M2M data is data derived from sensors attached to machines/products/devices that collect all kinds of data, from GPS coordinates, temperature data to usage data. M2M data literally is data between two or machines and ultimately between machines and people. First the data is exchanged from a remote machine/product/device to back-end IT Infrastructure. From there it can be analysed and turned into information to be used by organisations. M2M data, or sensor data, is part of the Internet of Things, or the Industrial Internet and it will drive us into the brontobytes era.
There are many applications that will be capable of generating Petabytes or Exabytes of data, but I would like to share three applications that I believe will be a big contributor to the M2M era:
Earlier I discussed the self-driving car that is capable of creating 2 Petabytes of M2M data annually, but self-driving cars are still relatively far away before hitting mainstream. Currently however, cars already generate vast amounts of data that can be leveraged and used by different organisations to optimize the driving experience, optimize pricing strategies and drive revenue for manufactures and stakeholders. The connected car of the future will be able to talk to other cars on the road as well as traffic lights and even roads and determine for example the required distance and speed as well as recognize objects and take corresponding actions. In additions, telematics can be used to monitor the health of the car as well as the driving behaviour of the driver. The driver’s performance can be monitored via a black box / app and this information can be returned to the driver as well as the insurance company.

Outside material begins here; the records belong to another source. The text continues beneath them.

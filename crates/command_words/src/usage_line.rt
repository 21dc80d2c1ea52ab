// The line for words that are no command.
ghost use Rattle.std.specs.Prelude.{◌≡◌};
ghost use Rattle.command_words.specs.Words.{usage_line};

/// The line that the program writes where its words are no command, with its LF.
pub fn usage() -> &'static str
    ensures { result.now ≡ usage_line }
{
    "usage: hmr play | check NAME | make N SEED | serve FOLDER ROOT.. | join PORT [ROOT..] | page FOLDER \
     | record | audit\n"
}
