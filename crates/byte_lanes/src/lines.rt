// Lines: how many LFs a text has, and where its lines begin.
ghost use Rattle.std.specs.Prelude.{◌≡◌, ◌^◌, ◌<◌, ◌≤◌, ◌++◌, length, drop, suc};
ghost use Rattle.module_semantics.specs.Lines.{line_feeds};
ghost use Rattle.byte_lanes.specs.Starts.{starts_of};

use crate::Class;
use crate::masks::newline_mask;
use crate::search::first_of;
use std::simd::prelude::*;

/// How many LFs stand in a text. Linear in the text.
pub fn count_newlines(text: &[u8]) -> usize
    ensures exact { result ≡ line_feeds text.now }
    ensures within { result ≤ length text.now }
{
    let mut count = 0;
    let mut at = 0;
    while text.len() - at >= 64 {
        count += newline_mask(u8x64::from_slice(&text[at..])).count_ones() as usize;
        at += 64;
    }
    count + count_byte_by_byte(&text[at..])
}

/// The same, byte by byte.
#[tactic(auto, unfolding(module_semantics::specs::Lines::line_feeds))]
fn count_byte_by_byte(bytes: &[u8]) -> usize
    ensures exact { result ≡ line_feeds bytes.now }
    ensures within { result ≤ length bytes.now }
{
    let mut count = 0;
    for byte in bytes {
        if *byte == b'\n' {
            count += 1;
        }
    }
    count
}

/// Writes where the lines of a text begin, 0 and the place after each LF, to the front of `into`, and
/// answers how many these are. What stands in `into` after them stays. Linear in the text, and in
/// its lines at one block each.
pub fn line_starts(text: &[u8], into: &mut [u32]) -> usize
    requires room { line_feeds text.now < length into.old }
    requires short { length text.now < 2 ^ 32 }
    ensures count { result ≡ suc (line_feeds text.now) }
    ensures written { into.new ≡ starts_of text.now ++ drop result into.old }
{
    into[0] = 0;
    let mut count = 1;
    let mut start = 0;
    while let Some(line) = first_of(&text[start..], Class::Newline) {
        start += line + 1;
        into[count] = start as u32;
        count += 1;
    }
    count
}
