// Handlers that run at most once: code of a module, or a closure of the embedding program.
use crate::held::Held;
use module_tree::HandlerCode;

/// A handler that runs at most once. It is used up by its run, or by `discard`.
pub enum Handler<F> {
    /// Code of its module.
    Code(HandlerCode),
    /// A closure of the embedding program.
    Host(Held<F>),
}

impl<F: Drop> Handler<F> {
    /// Lets the handler go without a run.
    pub fn discard(self) {
        match self {
            Handler::Code(code) => drop(code),
            Handler::Host(held) => held.discard(),
        }
    }
}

Smart homes can be said to be one of the biggest potential contributors for M2M data growth in the coming years. As can already be seen from the smart city of Songdo, sensors in cities and houses offer a lot of opportunities and possibilities. There are many different applications possible:
Smart meters – is an electrical meter that monitors the energy consumption every 15 minutes or every hour. In the (near) future, smart meters however can monitor the energy consumption of each individual product in a house and suggesting a better timing to do the laundry based on real-time demand, forecasts and prizes.

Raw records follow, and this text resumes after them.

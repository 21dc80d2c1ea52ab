// One block: a mask for each class, with a bit for each byte.
ghost use Rattle.std.specs.Prelude.{◌≡◌, map};
ghost use Rattle.std.specs.Simd.Lanes.{mask_l};
ghost use Rattle.module_semantics.specs.Bytes.{is_name_byte, is_blank};
ghost use Rattle.byte_lanes.specs.Classes.{IsMaskOf, is_in, is_newline, is_quoting, is_star, stops_string};

use crate::Class;
use std::simd::prelude::*;

/// A mask for each class of a block of 64 bytes; bit i, from the lowest, is of byte i.
#[derive(Clone, Copy, Debug, PartialEq, Eq)]
pub struct ClassMasks {
    pub word: u64,
    pub space: u64,
    pub newline: u64,
    pub quote: u64,
}

/// The masks of a block: bit i is set exactly where byte i is in the class. Costs a dozen
/// comparisons of the whole block.
pub fn classes(block: &[u8; 64]) -> ClassMasks
    ensures word { IsMaskOf is_name_byte block.now result.word }
    ensures space { IsMaskOf is_blank block.now result.space }
    ensures newline { IsMaskOf is_newline block.now result.newline }
    ensures quote { IsMaskOf is_quoting block.now result.quote }
{
    let lanes = u8x64::from_array(*block);
    ClassMasks {
        word: word_mask(lanes),
        space: space_mask(lanes),
        newline: newline_mask(lanes),
        quote: quote_mask(lanes),
    }
}

/// The mask of one class.
#[inline(always)]
pub(crate) fn class_mask(class: Class, lanes: u8x64) -> u64
    ensures { result ≡ mask_l (map (is_in class) lanes) }
{
    match class {
        Class::Word => word_mask(lanes),
        Class::Space => space_mask(lanes),
        Class::Newline => newline_mask(lanes),
        Class::Quote => quote_mask(lanes),
        Class::Star => star_mask(lanes),
        Class::StringStop => string_stop_mask(lanes),
    }
}

// A capital letter and its small one differ in one bit alone. What lies below the first byte of a range
// wraps to above its last.
#[inline(always)]
fn word_mask(lanes: u8x64) -> u64
    ensures { result ≡ mask_l (map is_name_byte lanes) }
{
    let small = lanes | u8x64::splat(0x20);
    let letter = (small - u8x64::splat(b'a')).simd_lt(u8x64::splat(26));
    let digit = (lanes - u8x64::splat(b'0')).simd_lt(u8x64::splat(10));
    let other = lanes.simd_eq(u8x64::splat(b'_')) | lanes.simd_eq(u8x64::splat(b'$'));
    (letter | digit | other).to_bitmask()
}

#[inline(always)]
fn space_mask(lanes: u8x64) -> u64
    ensures { result ≡ mask_l (map is_blank lanes) }
{
    (lanes.simd_eq(u8x64::splat(b' '))
        | lanes.simd_eq(u8x64::splat(b'\t'))
        | lanes.simd_eq(u8x64::splat(b'\r'))
        | lanes.simd_eq(u8x64::splat(b'\n'))).to_bitmask()
}

#[inline(always)]
pub(crate) fn newline_mask(lanes: u8x64) -> u64
    ensures { result ≡ mask_l (map is_newline lanes) }
{
    lanes.simd_eq(u8x64::splat(b'\n')).to_bitmask()
}

#[inline(always)]
fn quote_mask(lanes: u8x64) -> u64
    ensures { result ≡ mask_l (map is_quoting lanes) }
{
    (lanes.simd_eq(u8x64::splat(b'\''))
        | lanes.simd_eq(u8x64::splat(b'"'))
        | lanes.simd_eq(u8x64::splat(b'\\'))).to_bitmask()
}

#[inline(always)]
fn star_mask(lanes: u8x64) -> u64
    ensures { result ≡ mask_l (map is_star lanes) }
{
    lanes.simd_eq(u8x64::splat(b'*')).to_bitmask()
}

#[inline(always)]
fn string_stop_mask(lanes: u8x64) -> u64
    ensures { result ≡ mask_l (map stops_string lanes) }
{
    (lanes.simd_eq(u8x64::splat(b'\''))
        | lanes.simd_eq(u8x64::splat(b'"'))
        | lanes.simd_eq(u8x64::splat(b'\\'))
        | lanes.simd_eq(u8x64::splat(b'\r'))
        | lanes.simd_eq(u8x64::splat(b'\n'))).to_bitmask()
}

Intelligent windows – Sensors attached to windows can measure the amount of sunshine hitting the window as well as the inside or outside temperature. If necessary the window can darken to let less light flow through to preserve the cold air inside and of course also the other way around. This would reduce the need to heat or cool down the house and thus saves on energy.

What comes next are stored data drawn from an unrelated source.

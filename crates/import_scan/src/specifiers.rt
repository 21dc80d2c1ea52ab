// What the specifiers of a module mean, in the order of the text, up to the first that means none.
ghost use Rattle.std.specs.Prelude.{◌≡◌, IfOk, map};
ghost use Rattle.hmr_types.specs.Specifier.{Gives};
ghost use Rattle.module_tree.specs.Tree.{item_of};
ghost use Rattle.import_scan.specs.Scanning.{add_import, meant_in, meant_of, with_accepts};
ghost use Rattle.import_scan.specs.Scanning.{with_import, with_item, with_items};

use hmr_types::limits::IMPORTS;
use hmr_types::{ModName, SpecFault, Text, resolve};
use module_tree::Item;
use std::alloc::{AllocError, Global};

/// The modules that specifiers mean.
#[derive(Drop)]
pub(crate) struct Meant {
    /// The imported modules, each once, where it comes first. Of more than 256 the first 257.
    pub imported: Vec<ModName>,
    /// The accepted modules, as often as they are accepted.
    pub accepted: Vec<ModName>,
}

/// What the specifiers of these items mean to the module `base`, or why the first that means no
/// module means none. It takes time linear in the items and their specifiers.
pub(crate) fn meant_in(alloc: Global, base: &ModName, items: &[Item]) -> Result<Meant, SpecFault>
    ensures { Gives meant_of result (meant_in base.now (map item_of items.now)) }
{
    let mut meant = Meant {
        imported: Vec::new(alloc),
        accepted: Vec::new(alloc),
    };
    meant.read_items(alloc, base, items)?;
    Ok(meant)
}

impl Meant {
    fn read_items(&mut self, alloc: Global, base: &ModName, items: &[Item]) -> Result<(), SpecFault>
        ensures { Gives
            (λ _. meant_of self.new)
            result (with_items base.now (meant_of self.old) (map item_of items.now)) }
    {
        for item in items {
            self.read_item(alloc, base, item)?;
        }
        Ok(())
    }

    fn read_item(&mut self, alloc: Global, base: &ModName, item: &Item) -> Result<(), SpecFault>
        ensures { Gives
            (λ _. meant_of self.new) result (with_item base.now (meant_of self.old) (item_of item.now)) }
    {
        match item {
            Item::Import { spec, names: _ } => self.read_import(alloc, base, spec),
            Item::Deps {
                list: _,
                specs,
                call: _,
            } => self.read_accepts(alloc, base, specs.as_slice()),
            _ => Ok(()),
        }
    }

    fn read_import(&mut self, alloc: Global, base: &ModName, spec: &Text) -> Result<(), SpecFault>
        ensures { Gives (λ _. meant_of self.new) result (with_import base.now (meant_of self.old) spec.now) }
    {
        let name = resolve(alloc, base, spec.as_str().as_bytes())?;
        add_import(&mut self.imported, name)?;
        Ok(())
    }

    fn read_accepts(
        &mut self,
        alloc: Global,
        base: &ModName,
        specs: &[Text],
    ) -> Result<(), SpecFault>
        ensures { Gives
            (λ _. meant_of self.new) result (with_accepts base.now (meant_of self.old) specs.now) }
    {
        for spec in specs {
            let name = resolve(alloc, base, spec.as_str().as_bytes())?;
            self.accepted.push(name)?;
        }
        Ok(())
    }
}

/// One more name behind those that came, where it is new and they aren't too many.
fn add_import(came: &mut Vec<ModName>, name: ModName) -> Result<(), AllocError>
    ensures { IfOk result (λ _. came.new.items ≡ add_import came.old.items name) }
{
    let passed_over = came.contains(&name) || came.len() > IMPORTS;
    if !passed_over {
        came.push(name)?;
    }
    Ok(())
}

Maintenance sensors – sensors within the house can detect when something is wrong and when maintenance is required. For example when a water pipe burst the plumber can be warned instantly and an automatic alert can be send to your smartphone. It could also save on unnecessary high-maintenance if the sensors inform you that the roof is still ok for example.
As is with the self-driving cars, which are essentially robots, robots will be a true data generated in the future. They will use a vast amount of sensors to understand their environment and to be able to move around in it. Using intelligent self-learning algorithms the robots can be made self-learning. Especially for robotics, the more data the better as it will provide the robots with valuable information to better operate in a different environments and better perform a certain task. There are many tasks and jobs that can be done a lot better and more efficiently by robots, but that will require intelligent algorithms and massive amounts of data. Examples range from autopilots in airplanes, or even better the self-flying drones, to healthcare robots that help doctors do a better job. All the data created by the robotics can be used to improve the robots in real-time.
Apart from the different applications, M2M data will affect almost any industry. For example the motor insurance industry; they can reduce their risk and losses for insurance if they optimize their pricing based on the individual driving behaviour of a customer. Using telematics in cars, insurance companies can monitor in real-time how someone drives and adjust the monthly fee instantly. Although this could lead to significant privacy issues, it could also help to improve driving skills, as drivers are made aware of the consequences of certain driving behaviour.
In addition, M2M data will become abundant in the logistics industry. From asset tracking, fleet management to transport inventory optimization, M2M data can provide logistic companies with a lot of insights previously unthinkable. Sensors on containers that are capable of monitoring location, temperature, humidity, exceptional movements or shocks, alerts based on pre-defined conditions etc. Saving time and money before, during and after transportation.
There are countless other examples of M2M applications in different industries. Many of the use cases discussed on this platform show companies taking already advantage of the vast possibilities of M2M data. From airplane engines that generate approximately 2,5 billion Terabyte (which equals 2.5 Zettabyte) of data each year to John Deere equipment that uses sensor data to monitor machine optimization, control the growing fleet of farming machines and help farmers make better decisions.
In the coming decade, 40% of all data will come from sensor data and it will unlock a $ 1 trillion global market in 2020 (currently it is a $ 121 billion global market). In the next decade we will reach 1 trillion sensors that will drive the amount of available data far into the brontobytes. Organisations that will be able to harvest all that data correctly will deliver better products that are better suited to the needs of the consumers resulting in better results and outperforming their peers.